* [Prompt]:
Within the entries below, find each line containing the word "reaches" and copy it.

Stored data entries

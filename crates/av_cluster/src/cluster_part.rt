//! A part of a tick.
use av_play::DueEntry;
use av_types::SectionPos;

/// A part of a tick.
#[derive(Drop)]
pub struct Cluster {
    /// Its entries, with their indices in the tick.
    pub entries: Vec<DueEntry>,
    /// The sections of their territories, each once.
    pub sections: Vec<SectionPos>,
}
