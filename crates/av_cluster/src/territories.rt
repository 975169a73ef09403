//! The sections that a turn may read or change.
ghost use Rattle.std.specs.Prelude.{◌≡◌, ◌<◌, ◌≤◌, ◌+◌, ◌++◌, ◌&&◌, ◌↔◌, IsTrue, true, if◌then◌else◌, pos, ◌+ℤ◌, ◌-ℤ◌};
ghost use Rattle.std.specs.List.{Contains};
ghost use Rattle.arrayvec.specs.ArrayVec.{array_vec_len};
ghost use Rattle.av_types.specs.declared.position.Pos.{Pos};
ghost use Rattle.av_types.specs.declared.position.SectionPos.{SectionPos};
ghost use Rattle.av_cells.specs.Positions.{IsNearOrigin};
ghost use Rattle.av_world.specs.Views.{blocks, grid};
ghost use Rattle.av_play.specs.Parts.{InTerritory};
ghost use Rattle.av_play.specs.Corners.{corner};
ghost use Rattle.av_types.specs.Positions.{section_of};
ghost use Rattle.av_cells.specs.Grid.{is_here};
ghost use Rattle.av_cluster.specs.Territory.{is_new, one_if, corner_if, column_if, side_if, corner_list, AreRising, MeetSameSections};

use arrayvec::ArrayVec;
use av_cells::Cells;
use av_types::{Pos, SectionPos};
use av_world::World;

/// The coordinate five blocks to the east or west.
fn along_x(at: Pos, east: bool) -> i32
    requires { IsNearOrigin at }
    ensures { result ≡ (if east then at.x +ℤ pos 5 else at.x -ℤ pos 5) }
{
    if east { at.x + 5 } else { at.x - 5 }
}

/// The coordinate one block up or two down.
fn along_y(at: Pos, high: bool) -> i32
    requires { IsNearOrigin at }
    ensures { result ≡ (if high then at.y +ℤ pos 1 else at.y -ℤ pos 2) }
{
    if high { at.y + 1 } else { at.y - 2 }
}

/// The coordinate five blocks to the south or north.
fn along_z(at: Pos, south: bool) -> i32
    requires { IsNearOrigin at }
    ensures { result ≡ (if south then at.z +ℤ pos 5 else at.z -ℤ pos 5) }
{
    if south { at.z + 5 } else { at.z - 5 }
}

/// A corner of a block's reach.
fn corner_of(at: Pos, east: bool, high: bool, south: bool) -> Pos
    requires { IsNearOrigin at }
    ensures { result ≡ corner at east high south }
{
    Pos {
        x: along_x(at, east),
        y: along_y(at, high),
        z: along_z(at, south),
    }
}

/// Whether the end of a line is in another section than its start, where the end is meant.
fn is_new(end: bool, low: i32, high: i32) -> bool
    ensures { result ≡ is_new end low high }
{
    !(end && low >> 4 == high >> 4)
}

/// Whether an end to the east is in another section, where it is meant.
fn is_new_x(at: Pos, east: bool) -> bool
    requires { IsNearOrigin at }
    ensures { result ≡ is_new east (at.x -ℤ pos 5) (at.x +ℤ pos 5) }
{
    is_new(east, along_x(at, false), along_x(at, true))
}

/// Whether an end above is in another section, where it is meant.
fn is_new_y(at: Pos, high: bool) -> bool
    requires { IsNearOrigin at }
    ensures { result ≡ is_new high (at.y -ℤ pos 2) (at.y +ℤ pos 1) }
{
    is_new(high, along_y(at, false), along_y(at, true))
}

/// Whether an end to the south is in another section, where it is meant.
fn is_new_z(at: Pos, south: bool) -> bool
    requires { IsNearOrigin at }
    ensures { result ≡ is_new south (at.z -ℤ pos 5) (at.z +ℤ pos 5) }
{
    is_new(south, along_z(at, false), along_z(at, true))
}

/// Appends a corner, unless one before lies in the same section.
fn add_corner(at: Pos, east: bool, south: bool, high: bool, corners: &mut ArrayVec<Pos, 8>)
    requires near { IsNearOrigin at }
    requires room { array_vec_len corners.old < 8 }
    ensures items { corners.new.items ≡ corners.old.items ++ corner_if at east south high }
    ensures len { array_vec_len corners.new ≤ array_vec_len corners.old + 1 }
{
    if is_new_y(at, high) {
        corners.push(corner_of(at, east, high, south));
    }
}

/// Appends two corners above each other, unless others before lie in the same sections.
fn add_column(at: Pos, east: bool, south: bool, corners: &mut ArrayVec<Pos, 8>)
    requires near { IsNearOrigin at }
    requires room { array_vec_len corners.old ≤ 6 }
    ensures items { corners.new.items ≡ corners.old.items ++ column_if at east south }
    ensures len { array_vec_len corners.new ≤ array_vec_len corners.old + 2 }
{
    if !is_new_x(at, east) {
        return;
    }
    add_corner(at, east, south, false, corners);
    add_corner(at, east, south, true, corners);
}

/// Appends the four corners of a side, unless others before lie in the same sections.
fn add_side(at: Pos, south: bool, corners: &mut ArrayVec<Pos, 8>)
    requires near { IsNearOrigin at }
    requires room { array_vec_len corners.old ≤ 4 }
    ensures items { corners.new.items ≡ corners.old.items ++ side_if at south }
    ensures len { array_vec_len corners.new ≤ array_vec_len corners.old + 4 }
{
    if !is_new_z(at, south) {
        return;
    }
    add_column(at, false, south, corners);
    add_column(at, true, south, corners);
}

/// The corners of a block's reach, one in each section, by z, then by x, then by y.
pub(crate) fn corners(at: Pos) -> ArrayVec<Pos, 8>
    requires { IsNearOrigin at }
    ensures { result.items ≡ corner_list at }
{
    let mut corners = ArrayVec::new();
    add_side(at, false, &mut corners);
    add_side(at, true, &mut corners);
    corners
}

/// Whether two blocks lie in one section.
fn share_section(a: Pos, b: Pos) -> bool
    ensures { result ≡ true → section_of a ≡ section_of b }
{
    a.section() == b.section()
}

/// Whether the reaches of two blocks meet the same sections: their lowest corners lie in one, and their highest.
pub(crate) fn meet_same_sections(a: Pos, b: Pos) -> bool
    requires a { IsNearOrigin a }
    requires b { IsNearOrigin b }
    ensures { result ≡ true → MeetSameSections a b }
{
    share_section(
        corner_of(a, false, false, false),
        corner_of(b, false, false, false),
    ) && share_section(
        corner_of(a, true, true, true),
        corner_of(b, true, true, true),
    )
}

/// A number's remainder by 4.
pub(crate) fn fourth(number: i32) -> usize
    ensures { result < 4 }
{
    number.rem_euclid(4) as usize
}

/// Blocks whose reaches meet the same sections have the same of these, and most others near have another.
pub(crate) fn reach_index(at: Pos) -> usize
    requires { IsNearOrigin at }
    ensures { result < 256 }
{
    let low = corner_of(at, false, false, false).section();
    let high = corner_of(at, true, true, true).section();
    fourth(low.x) + 4 * fourth(low.z) + 16 * fourth(high.x) + 64 * fourth(high.z)
}

/// Appends the section of a block, where that is loaded.
fn add_loaded(world: &World, block: Pos, found: &mut ArrayVec<SectionPos, 8>)
    requires { array_vec_len found.old < 8 }
    ensures items { found.new.items ≡ found.old.items
        ++ one_if (is_here (grid world.now (section_of block))) (section_of block) }
    ensures len { array_vec_len found.new ≤ array_vec_len found.old + 1 }
{
    if world.loaded(block) {
        found.push(block.section());
    }
}

/// The territory of a loaded block: the loaded sections that a turn of it may read or change, by z, then by x, then
/// by y. Takes no memory.
pub fn territory(world: &World, at: Pos) -> ArrayVec<SectionPos, 8>
    requires { IsTrue ((blocks world.now).loaded at) }
    ensures exact { (s : SectionPos) → Contains result.items s
        ↔ InTerritory (blocks world.now) at s }
    ensures order { AreRising result.items }
{
    let corners = corners(at);
    let mut found = ArrayVec::new();
    for corner in corners.as_slice() {
        add_loaded(world, *corner, &mut found);
    }
    found
}
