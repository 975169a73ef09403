//! The sections that a tick's entries touch, and the first index that touched each.
ghost use Rattle.std.specs.Prelude.{◌≡◌, ◌<◌, [], None, Some, OnOk, OnErr, IfOk, if◌then◌else◌};
ghost use Rattle.std.specs.BTreeMap.{get};
ghost use Rattle.std.specs.List.{IsDistinct};
ghost use Rattle.std.specs.Map.{keys_of};
ghost use Rattle.av_types.specs.declared.position.SectionPos.{SectionPos};
ghost use Rattle.av_cluster.specs.Indices.{key_cmp, slot_of, index_in, AreSlots};
ghost use Rattle.av_cluster.specs.Joining.{key_of, same_key, owner_in};
ghost use Rattle.std.proofs.Props.{props};

use av_types::SectionPos;
use std::alloc::{AllocError, Global};
use std::collections::BTreeMap;

/// For how many sections room is made at once: about 100 KB.
const LIKELY: usize = 4096;

/// For how many entries there are slots at the most: 2 MB of them.
const MOST_SLOTTED: usize = 65_536;

/// The first index that touched each section, in the order in which the sections were first touched.
///
/// A slot leads to the first section that fell there, and a tree to the others. So most are found at once, and one of many
/// that a file chooses to share a slot by a search of the tree.
#[derive(Drop)]
pub(crate) struct Owners {
    entries: Vec<((i32, i32, i32), usize)>,

    /// Of each slot, one more than where its first section stands, or 0.
    slots: Vec<usize>,

    /// Where each other section stands.
    others: BTreeMap<(i32, i32, i32), usize>,
    ghost slotted: { AreSlots slots.items (get key_cmp others) entries.items } by { Prim.hlevel props },
}

/// The key of a section.
fn key(section: SectionPos) -> (i32, i32, i32)
    ensures { result ≡ key_of section }
{
    (section.x, section.y, section.z)
}

/// The section of a key.
pub(crate) fn of_key(key: (i32, i32, i32)) -> SectionPos
    ensures { key_of result ≡ key }
{
    let (x, y, z) = key;
    SectionPos { x, y, z }
}

/// The slot of a section, among so many. Sections near each other mostly have each another one.
fn slot(count: usize, section: SectionPos) -> usize
    requires { 0 < count }
    ensures value { result ≡ slot_of count (key_of section) }
    ensures bound { result < count }
{
    let x = u64::from(section.x.cast_unsigned());
    let y = u64::from(section.y.cast_unsigned());
    let z = u64::from(section.z.cast_unsigned());
    ((x + z * 64 + y * 4096) % count as u64) as usize
}

impl Owners {
    /// None, with room for as many as some entries are likely to have.
    pub(crate) fn with_room(alloc: Global, entries: usize) -> Result<Self, AllocError>
        ensures { IfOk result (λ owners. owners.entries.items ≡ []) }
    {
        let slots = entries.min(MOST_SLOTTED) * 4 + 1;
        Ok(Owners {
            entries: Vec::with_capacity(alloc, entries.min(LIKELY))?,
            slots: vec![in alloc; 0; slots]?,
            others: BTreeMap::new(alloc),
        })
    }

    /// The keys of the sections, each once, with their owners.
    pub(crate) fn entries(&self) -> &[((i32, i32, i32), usize)]
        ensures entries { result.now ≡ self.now.entries.items }
        ensures distinct { IsDistinct same_key (keys_of self.now.entries.items) }
    {
        self.entries.as_slice()
    }

    /// Where a section stands, if it has an owner.
    fn index(&self, section: SectionPos) -> Option<usize>
        ensures { result ≡ index_in self.now.slots.items (keys_of self.now.entries.items)
            (get key_cmp self.now.others) (key_of section) }
    {
        let next = self.slots[slot(self.slots.len(), section)];
        if next == 0 {
            return None;
        }
        let (known, _) = self.entries[next - 1];
        if of_key(known) == section {
            return Some(next - 1);
        }
        self.others.get(&key(section)).copied()
    }

    /// The owner of a section, if it has one.
    pub(crate) fn owner(&self, section: SectionPos) -> Option<usize>
        ensures { result ≡ owner_in self.now.entries.items section }
    {
        let index = self.index(section)?;
        let (_, owner) = self.entries[index];
        Some(owner)
    }

    /// Notes the owner of a section that has none. Where memory is wanted all is as it was.
    pub(crate) fn add(&mut self, section: SectionPos, owner: usize) -> Result<(), AllocError>
        requires { owner_in self.old.entries.items section ≡ None }
        ensures ok { OnOk result ((s : SectionPos)
            → owner_in self.new.entries.items s ≡ (if same_key (key_of section) (key_of s)
            then Some owner else owner_in self.old.entries.items s)) }
        ensures err { OnErr result (self.new.entries.items ≡ self.old.entries.items) }
    {
        let key = key(section);
        let slot = slot(self.slots.len(), section);
        let last = self.entries.len();
        self.entries.reserve(1)?;
        if self.slots[slot] == 0 {
            self.slots[slot] = last + 1;
            self.entries.push((key, owner))?;
            return Ok(());
        }
        self.others.insert(key, last)?;
        self.entries.push((key, owner))?;
        Ok(())
    }
}
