//! The lines that are written: a names line, hits, and how it ended.
#![tactic(auto)]

ghost use Rattle.std.specs.Prelude.{◌≡◌, List, ℕ, map, Some, IfOk, string_bytes};
ghost use Rattle.std.specs.List.{range_with_len};
ghost use Rattle.lines.specs.Back.{HitBack};
ghost use Rattle.lines.specs.Written.{line_of, ending_text, ending_line, hit_line, names_line, name_of, fault_line};

use sheets::Fault;
use std::alloc::{AllocError, Global};
use std::fmt;

// How a search ended: it came to its end, or was stopped before.
#[derive(Clone, Copy, PartialEq, Eq, Debug)]
pub enum Ending {
    End,
    Paused,
}

impl fmt::Display for Ending {
    ghost output = { λ ending. Some (ending_text ending) };

    fn fmt<W: fmt::Write>(&self, f: &mut fmt::Formatter<W>) -> fmt::Result {
        match self {
            Ending::End => f.write_str("end"),
            Ending::Paused => f.write_str("paused"),
        }
    }
}

// How the search ended, in a word.
pub fn ending_line(heap: Global, ending: Ending) -> Result<String, AllocError>
    ensures { IfOk result (λ s. string_bytes s ≡ ending_line ending) }
{
    format!(in heap; "{ending}\n")
}

// `fault`, the sheet, the reason's number, the line and the place.
#[tactic(auto, using(crate::proofs::Spaces::fault_ended))]
pub fn fault_line(heap: Global, fault: Fault) -> Result<String, AllocError>
    ensures { IfOk result (λ s. string_bytes s ≡ fault_line fault) }
{
    format!(in heap; "{fault}\n")
}

// A net's name: n0, n1 and so on.
#[derive(Clone, Copy)]
struct Name(u16);

impl fmt::Display for Name {
    ghost output = { λ name. Some (name_of name.0) };

    fn fmt<W: fmt::Write>(&self, f: &mut fmt::Formatter<W>) -> fmt::Result {
        let net = self.0;
        write!(f, "n{net}")
    }
}

// The items on one line, with a single space between them.
fn line_of<T: fmt::Display>(heap: Global, items: &[T]) -> Result<String, AllocError>
    ensures { (text : T → List ℕ) → ((x : T) → T.output x ≡ Some (text x)) → IfOk result (λ s. string_bytes s ≡ line_of (map text items.now)) }
{
    let mut line = String::new(heap);
    let mut gap = "";
    for item in items {
        write!(line, "{gap}{item}")?;
        gap = " ";
    }
    line.push_str("\n")?;
    Ok(line)
}

// The net numbers of a hit.
pub fn hit_line(heap: Global, row: &[u16]) -> Result<String, AllocError>
    ensures { IfOk result (λ s. string_bytes s ≡ hit_line row.now) }
{
    line_of(heap, row)
}

// A name for each of so many nets.
fn names(heap: Global, nets: u16) -> Result<Vec<Name>, AllocError>
    ensures { IfOk result (λ names. names.items ≡ map (λ n. record { 0 = n }) (range_with_len 0 nets)) }
{
    (0..nets).map(Name).collect(heap)
}

// The names of the pattern's nets.
pub fn names_line(heap: Global, nets: u16) -> Result<String, AllocError>
    ensures { IfOk result (λ s. string_bytes s ≡ names_line nets) }
{
    let names = names(heap, nets)?;
    line_of(heap, names.as_slice())
}

// A hit line, read back, gives the numbers.
pub fn hits_are_read_back()
    ensures { HitBack }
{}
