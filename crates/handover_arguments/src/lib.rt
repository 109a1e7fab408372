// What is given to write a Handover payload: its parts looked up, measured and judged. Crate handover_writing writes it.
#![tactic(auto)]

mod judge;
mod measure;
mod parts;

pub use judge::check;
pub use measure::{agent_width, size, with_meta, with_name};
pub use parts::{length_at, start_at};
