// The numbers of the parts: two to a string, its start in the run and its length.
ghost use Rattle.std.specs.Prelude.{◌≡◌, ◌≤◌, get_or};
ghost use Rattle.handover_arguments.specs.PayloadGiven.{start_given, length_given};

// The number at `k`; one that is not lent is 0.
fn number(parts: &[u64], k: usize) -> u64
    ensures { result ≡ get_or parts.now k 0 }
{
    parts.get(k).copied().unwrap_or(0)
}

// Where the string whose numbers are at `k` starts.
pub fn start_at(parts: &[u64], k: usize) -> u64
    ensures { result ≡ start_given parts.now k }
{
    number(parts, k)
}

// How long it is.
pub fn length_at(parts: &[u64], k: usize) -> u64
    requires { k ≤ 65536 }
    ensures { result ≡ length_given parts.now k }
{
    number(parts, k + 1)
}
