// How many bytes the payload takes. A length given may be any number of 64 bits, so no sum goes past 65,537: that is past the room, whatever
// comes after it.
ghost use Rattle.std.specs.Prelude.{◌≡◌, ◌+◌, ◌*◌, ◌≤◌, min, length};
ghost use Rattle.handover_format.specs.Payloads.{names_name, names_meta, record_start};
ghost use Rattle.handover_arguments.specs.PayloadGiven.{agent_part, name_part, meta_part, length_given};
ghost use Rattle.handover_arguments.specs.Measures.{width_if, strings_start};

use crate::parts::length_at;

// `total` with a string and its closing zero, where it is named.
#[tactic(auto, unfolding(crate::specs::Measures::width_if))]
fn with_string(total: u64, named: bool, size: u64) -> u64
    requires { total ≤ 65537 }
    ensures { result ≡ min (total + width_if named size) 65537 }
{
    if named {
        total.saturating_add(size).saturating_add(1).min(65537)
    } else {
        total
    }
}

// How many bytes the agent's string takes: the records' strings start after it.
#[tactic(auto, unfolding(crate::specs::Measures::width_if))]
pub fn agent_width(parts: &[u64]) -> u64
    ensures { result ≡ min (length_given parts.now agent_part + 1) 65537 }
{
    with_string(0, true, length_at(parts, 0))
}

// `total` with the name of record `i`, which has this tag.
pub fn with_name(total: u64, tag: u32, parts: &[u64], i: usize) -> u64
    requires { (total ≤ 65537) × (i ≤ 1024) }
    ensures { result ≡ min (total + width_if (names_name tag) (length_given parts.now (name_part i))) 65537 }
{
    with_string(
        total,
        handover_format::names_name(tag),
        length_at(parts, 4 * i + 2),
    )
}

// `total` with its meta. One function for both would take the test and the place as parameters, and so be `with_string`.
pub fn with_meta(total: u64, tag: u32, parts: &[u64], i: usize) -> u64
    requires { (total ≤ 65537) × (i ≤ 1024) }
    ensures { result ≡ min (total + width_if (names_meta tag) (length_given parts.now (meta_part i))) 65537 }
{
    with_string(
        total,
        handover_format::names_meta(tag),
        length_at(parts, 4 * i + 4),
    )
}

// How many bytes the strings take.
#[tactic(auto, using(crate::proofs::MeasureLaws::start_first, crate::proofs::MeasureLaws::start_next))]
fn table_length(records: &[u8], parts: &[u64], count: usize) -> u64
    requires { (32 * count ≤ length records.now) × (count ≤ 1024) }
    ensures { result ≡ min (strings_start records.now parts.now count) 65537 }
{
    let mut total = agent_width(parts);
    for i in 0..count {
        let tag = words::load_u32(records, 32 * i);
        total = with_name(total, tag, parts, i);
        total = with_meta(total, tag, parts, i);
    }
    total
}

// How many bytes head, records and strings take.
pub fn size(records: &[u8], parts: &[u64], count: usize) -> u64
    requires { (32 * count ≤ length records.now) × (count ≤ 1024) }
    ensures { result ≡ record_start count + min (strings_start records.now parts.now count) 65537 }
{
    16 + 32 * count as u64 + table_length(records, parts, count)
}
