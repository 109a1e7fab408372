// What is given, judged before anything is written: refusals 3, 23, 15, 22 and 18.
ghost use Rattle.std.specs.Prelude.{◌≡◌, ◌+◌, ◌*◌, ◌≤◌, length};
ghost use Rattle.refusals.specs.Answers.{checked};
ghost use Rattle.handover_format.specs.RecordTests.{if_named};
ghost use Rattle.handover_arguments.specs.Judging.{every, end_good, range_good, run_has, string_good, strings_good, write_check};

use crate::parts;

// Whether every record has the end tag just where it must. Here, in `ranges` and in `all_strings` a `for`, and no `(0..count).all(..)`: its
// goal stays open, since the closure needs `32 * i` to lie within the records.
#[tactic(auto, using(crate::proofs::EveryLaws::every_none, crate::proofs::EveryLaws::every_more))]
fn ends(records: &[u8], count: usize) -> bool
    requires { (32 * count ≤ length records.now) × (count ≤ 1024) }
    ensures { result ≡ every (end_good records.now count) count }
{
    for i in 0..count {
        if !handover_format::end_suits(i + 1 == count, words::load_u32(records, 32 * i)) {
            return false;
        }
    }
    true
}

// Whether no record's range passes 2^64.
#[tactic(auto, using(crate::proofs::EveryLaws::every_none, crate::proofs::EveryLaws::every_more))]
fn ranges(records: &[u8], count: usize) -> bool
    requires { (32 * count ≤ length records.now) × (count ≤ 1024) }
    ensures { result ≡ every (range_good records.now) count }
{
    for i in 0..count {
        let start = words::load_u64(records, 32 * i + 8);
        if !address_ranges::fits(start, words::load_u64(records, 32 * i + 16)) {
            return false;
        }
    }
    true
}

// Whether the `size` bytes from `start` on lie within the run, with no zero among them.
#[tactic(auto, unfolding(crate::specs::Judging::run_has))]
fn run_has(run: &[u8], start: u64, size: u64) -> bool
    ensures { result ≡ run_has run.now start size }
{
    let all = run.len() as u64;
    start <= all
        && size <= all - start
        && byte_layout::text_length(run, start as usize, size as usize) == size as usize
}

// Whether the string whose numbers are at `k` can be written, where it is named: its numbers are lent, and the run has it.
#[tactic(auto, unfolding(handover_format::specs::RecordTests::if_named, crate::specs::Judging::string_good))]
fn string_good(parts: &[u64], run: &[u8], k: usize, named: bool) -> bool
    requires { k ≤ 65536 }
    ensures { result ≡ if_named named (string_good parts.now run.now k) }
{
    !named
        || k + 2 <= parts.len()
            && run_has(run, parts::start_at(parts, k), parts::length_at(parts, k))
}

// Whether the strings that record `i` names can be written.
#[tactic(auto, unfolding(crate::specs::Judging::strings_good))]
fn strings_good(records: &[u8], parts: &[u64], run: &[u8], i: usize) -> bool
    requires { (32 * i + 32 ≤ length records.now) × (i ≤ 1024) }
    ensures { result ≡ strings_good records.now parts.now run.now i }
{
    let tag = words::load_u32(records, 32 * i);
    string_good(parts, run, 4 * i + 2, handover_format::names_name(tag))
        && string_good(parts, run, 4 * i + 4, handover_format::names_meta(tag))
}

// The same of all records.
#[tactic(auto, using(crate::proofs::EveryLaws::every_none, crate::proofs::EveryLaws::every_more))]
fn all_strings(records: &[u8], parts: &[u64], run: &[u8], count: usize) -> bool
    requires { (32 * count ≤ length records.now) × (count ≤ 1024) }
    ensures { result ≡ every (strings_good records.now parts.now run.now) count }
{
    for i in 0..count {
        if !strings_good(records, parts, run, i) {
            return false;
        }
    }
    true
}

// The first of 3, 23, 15, 22 and 18 that what is given breaks in a room.
#[tactic(auto, using(crate::proofs::MeasureLaws::size_given_law), unfolding(handover_format::specs::RecordTests::if_named, crate::specs::Judging::write_check))]
pub fn check(records: &[u8], parts: &[u64], run: &[u8], room: usize) -> Result<(), u16>
    requires { room ≤ 65536 }
    ensures { result ≡ checked (write_check records.now parts.now run.now room) }
{
    let count = records.len() / 32;
    if count == 0 || 1024 < count {
        return Err(refusals::COUNT);
    }
    if !ends(records, count) {
        return Err(refusals::END);
    }
    if !ranges(records, count) {
        return Err(refusals::RANGE);
    }
    if !string_good(parts, run, 0, true) || !all_strings(records, parts, run, count) {
        return Err(refusals::STRING);
    }
    if (room as u64) < crate::measure::size(records, parts, count) {
        return Err(refusals::ROOM);
    }
    Ok(())
}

* [Response to this exercise]:
/// Whether the reaches of two blocks meet the same sections: their lowest corners lie in one, and their highest.
/// Blocks whose reaches meet the same sections have the same of these, and most others near have another.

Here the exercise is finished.